In this guide, you’ll learn five technical fixes that non-technical marketers can handle to improve your website.
5 Technical SEO Fixes for Non-Tech Marketers
1. Issues with Core Web Vitals Scores
Core Web Vitals are a set of metrics that Google uses to measure the visual stability, interactivity, and speed of a webpage. A good page experience is one of Google’s ranking factors. If users enjoy their time on your page (which Google tracks through its HEART framework), Google rewards your content with higher rankings.

Google’s Core Web Vitals are:
- Largest Contentful Paint (LCP): Measures how long it takes the largest elements on your page to appear on the user’s screen. A fast LCP page should show all elements within 2.5 seconds.
- Interaction to Next Paint (INP): INP measures how quickly your page responds to user interactions, such as when they click a link or tap a button. A good INP should take 200 milliseconds or less.
- Cumulative Layout Shift (CLS): Measures how elements on your page move around as it loads (visual stability). If your page moves around a lot as it loads, you get a high CLS score (which is bad). A good CLS score is less than 0.1.
These metrics shape your site’s first impression. If your page stutters, shifts, or stalls, users may bounce, Google will notice, and it’ll increase your bounce rate.
What to do:
- Check Google PageSpeed Insights (PSI) to know if you have issues:
Log in to Google PageSpeed Insights, and enter your page’s URL.

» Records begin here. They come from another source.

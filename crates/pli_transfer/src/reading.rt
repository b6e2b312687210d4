// What format lists read and write.

ghost use Rattle.std.specs.Prelude.{◌≡◌};
ghost use Rattle.pli_typing.specs.Assigning.{all_pass, format_holds_fixed, holds_fixed, is_read, is_written};
ghost use Rattle.pli_typing.specs.TypedView.{leaf_type_of};
ghost use Rattle.pli_language.specs.View.{format_of, formats_of};
ghost use Rattle.pli_operand.specs.Shown.{designated_of};

use pli_language::stmt::{Format, Formats};
use pli_operand::operand::Designated;
use pli_typing::typed::LeafType;

#[cycle(fixed)]
#[tactic(auto, unfolding(pli_language::specs::View::format_of))]
fn format_holds_fixed(format: &Format) -> bool
    ensures { result ≡ format_holds_fixed (format_of format.now) }
{
    match format {
        Format::List(formats) => holds_fixed(formats),
        Format::Fixed { .. } => true,
        Format::Text { .. } | Format::Space { .. } | Format::Skip { .. } | Format::Column { .. } =>
            false,
    }
}

/// A format list holds an F at some depth.
#[cycle(fixed)]
#[tactic(auto, unfolding(pli_language::specs::View::format_of))]
pub fn holds_fixed(formats: &Formats) -> bool
    ensures { result ≡ holds_fixed (formats_of formats.now) }
{
    match formats {
        Formats::End => false,
        Formats::More { first, rest, .. } => format_holds_fixed(first) || holds_fixed(rest),
    }
}

/// A field that is read becomes a number or a text, and a bit where no number is read.
pub fn is_read(has_fixed: bool, kind: LeafType) -> bool
    ensures { result ≡ is_read has_fixed (leaf_type_of kind) }
{
    match kind {
        LeafType::Fixed(_) | LeafType::Character(_) | LeafType::Varying(_) => true,
        LeafType::Bit => !has_fixed,
        LeafType::Pointer | LeafType::Offset(_) | LeafType::Area(_) => false,
    }
}

/// Numbers, texts and bits are written.
pub fn is_written(kind: LeafType) -> bool
    ensures { result ≡ is_written (leaf_type_of kind) }
{
    is_read(false, kind)
}

/// All leaves are read.
pub fn all_read(has_fixed: bool, designated: &Designated) -> bool
    ensures { result ≡ all_pass (is_read has_fixed) (designated_of designated.now).leaves }
{
    !designated
        .leaves
        .iter()
        .any(|leaf| !is_read(has_fixed, leaf.kind))
}

/// All leaves are written.
pub fn all_written(designated: &Designated) -> bool
    ensures { result ≡ all_pass is_written (designated_of designated.now).leaves }
{
    all_read(false, designated)
}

You can enter the website URL or the URL of a specific page. The tool then assesses and generates a report of your page’s performance, including LCP, INP, CLS, and other metrics. You can also switch the tabs to see your results for desktop and mobile.

The results are easy to understand; scores are color-coded (green is good, yellow needs improvement, and red is poor). Then you can scroll down for more details on what you need to fix.
- Use Google’s Lighthouse Audit
A Lighthouse audit simulates how your page loads and generates a performance report. It’s basically a lab test for webpages.
The report indicates whether you have passed or failed your Core Web Vitals metrics. You can run an audit through DevTools or use Chrome’s built-in “Inspect” – “Lighthouse” option.
Here’s an example of an audit run through DevTools:

- Google Search Console
If you have access to your site’s Google Search Console, check the Core Web Vitals report there.
It shows data on how real users experience your pages over time and flags slow and unstable URLs, which makes the report more in-depth.
This is an example from Backlinko:

Now, how do you fix these issues? Here are a few general fixes for you:
If you have an LCP problem, your page isn’t loading fast. Do these:
- Compress large images on your page without compromising on quality. You can use TinyPNG for this.
- Use properly sized and responsive images for future content and pages. If your website is designed to accommodate a specific image ratio, always upload images at that size.
- Try lazy loading, where the text loads first before the images, and the images load as the user scrolls.
If you have a high CLS score, it means your page elements jump or shift while loading its content. This throws off users and affects trust. To reduce CLS:
- Set fixed height and width for all images, videos, and ad containers. Avoid auto-sizing.
Tip: Always upload images in the size you want them to appear. Don’t rely on the page to resize them.
- Use layout tools (like Elementor or Webflow) that let you reserve space for images before they load.
- If you use WordPress, you can also use an optimization plugin like WP Rocket or Perfmatters to preload webfront to stop the layout from jumping while the font render.
2. Mobile Friendliness
Over 60% of organic traffic comes from mobile. This means that over 60% of people who search for businesses or answers online do it from their mobile devices.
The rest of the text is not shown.